> **Activity**: Give only the number of lines in these records that contain the word "those".

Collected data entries

◇ ◇ ◇ ◇ ◇

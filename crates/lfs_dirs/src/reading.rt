//! The entries of a block, and whether it is a directory block.

ghost use Rattle.std.specs.Prelude.{◌≡◌, ℕ, ◌≤◌, ◌↔◌, List, [], All, None, IsTrue, MatchOption, length};
ghost use Rattle.std.specs.Str.{bytes_eq};
ghost use Rattle.lfs_types.specs.Naming.{name_fault};
ghost use Rattle.lfs_dirs.specs.Directory.{IsDirectoryBlock, number_in};
ghost use Rattle.lfs_dirs.specs.Reading.{StandsBehind, StandsFirst, entries_of};

use lfs_types::block::Block;
use lfs_types::name::{NAME_MAX, Name};
use std::marker::Model;

/// The bytes of an entry before those of its name: the number and the name's length.
pub(crate) const HEAD_SIZE: usize = 5;

/// The entries of a block that are left, each as its number, above 0, and the 1 to 255 bytes of its name.
#[derive(Debug, Drop)]
pub struct BlockEntries<'a> {
    rest: &'a [u8],
}

impl<'a> Model for BlockEntries<'a> {
    ghost use Rattle.std.specs.Prelude.{List, ℕ};
    ghost use Rattle.lfs_dirs.specs.Reading.{entries_of};

    ghost Value = { List (ℕ × List ℕ) };

    ghost view = { λ e. entries_of e.rest.now };
}

impl<'a> Iterator for BlockEntries<'a> {
    type Item = (u32, &'a [u8]);

    ghost use Rattle.std.specs.Iterator.{YieldsFirstBy, item_count};

    ghost next_gives = { YieldsFirstBy (λ e. (e.0, e.1.now)) (λ s. s) };

    ghost remaining = { item_count (λ s. s) };

    fn next(&mut self) -> Option<(u32, &'a [u8])> {
        let (number, name, rest) = first_entry(self.rest)?;
        self.rest = rest;
        Some((number, name))
    }
}

/// The entries of a block in order, up to the first place that is no entry: where fewer than five bytes
/// are left, the number is 0, the name's length is 0 or the name runs over the end. The names of a block
/// that is no directory block may be any bytes.
pub fn entries(block: &Block) -> BlockEntries<'_>
    ensures value { result ≡ entries_of block.now }
    // An entry takes at least six bytes.
    ensures few { length result ≤ 85 }
{
    BlockEntries { rest: block }
}

/// The number of the first entry of this name, among those that `entries` gives.
pub fn find(block: &Block, name: &Name) -> Option<u32>
    ensures { result ≡ number_in name.now (entries_of block.now) }
{
    number_among(entries(block), name.as_bytes())
}

/// Whether the block is a directory block (this project's profile): entries with names of which none
/// stands twice, one behind the other, and zeros after them.
pub fn is_directory_block(block: &Block) -> bool
    ensures test { IsTrue result ↔ IsDirectoryBlock block.now (entries_of block.now) }
    // A block has one list of entries, and a list has one block.
    ensures one_list { (es : List (ℕ × List ℕ)) → IsDirectoryBlock block.now es
        → entries_of block.now ≡ es }
    ensures one_block { IsTrue result → (other : List ℕ)
        → IsDirectoryBlock other (entries_of block.now) → other ≡ block.now }
{
    let mut rest: &[u8] = block;
    while let Some((_, name, others)) = first_entry(rest) {
        if !is_name(name) || number_among(BlockEntries { rest: others }, name).is_some() {
            return false;
        }
        rest = others;
    }
    are_zeros(rest)
}

/// The entry that the bytes begin with, as its number and its name, and the bytes after it.
fn first_entry(bytes: &[u8]) -> Option<(u32, &[u8], &[u8])>
    ensures { MatchOption result (entries_of bytes.now ≡ [])
        (λ e. StandsFirst bytes.now (e.0, e.1.now) e.2.now) }
{
    let (head, rest) = bytes.split_first_chunk::<HEAD_SIZE>()?;
    let [a, b, c, d, name_length] = *head;
    let number = u32::from_be_bytes([a, b, c, d]);
    let name_length = usize::from(name_length);
    if number == 0 || name_length == 0 || rest.len() < name_length {
        return None;
    }
    let (name, rest) = rest.split_at(name_length);
    Some((number, name, rest))
}

/// The bytes behind the first entry of this name.
pub(crate) fn behind<'a>(block: &'a Block, name: &[u8]) -> Option<&'a [u8]>
    ensures { MatchOption result (number_in name.now (entries_of block.now) ≡ None)
        (λ rest. StandsBehind block.now name.now rest.now) }
{
    let mut rest: &[u8] = block;
    while let Some((_, found, others)) = first_entry(rest) {
        if is_same(found, name) {
            return Some(others);
        }
        rest = others;
    }
    None
}

/// The number of the first of the entries that has this name.
fn number_among(mut entries: BlockEntries<'_>, name: &[u8]) -> Option<u32>
    ensures { result ≡ number_in name.now entries.entry }
{
    let (number, _) = entries.find(|entry| is_same(entry.1, name))?;
    Some(number)
}

/// Whether two names are the same. Names that are made one after the other often differ in their last bytes alone, so
/// these are compared first.
fn is_same(found: &[u8], name: &[u8]) -> bool
    ensures { result ≡ bytes_eq found.now name.now }
{
    found.len() == name.len() && found.last() == name.last() && found == name
}

/// Whether the bytes are a name.
fn is_name(bytes: &[u8]) -> bool
    ensures { IsTrue result ↔ (name_fault bytes.now ≡ None) }
{
    if bytes.is_empty() || bytes.len() > NAME_MAX || bytes.contains(&b'/') || bytes.contains(&0) {
        return false;
    }
    !matches!(bytes, [b'.'] | [b'.', b'.'])
}

/// Whether all bytes are 0.
pub(crate) fn are_zeros(bytes: &[u8]) -> bool
    ensures { IsTrue result ↔ All (λ b. b ≡ 0) bytes.now }
{
    bytes.iter().all(|byte| *byte == 0)
}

◇ ◇ ◇ ◇ ◇

> **Reply**: 2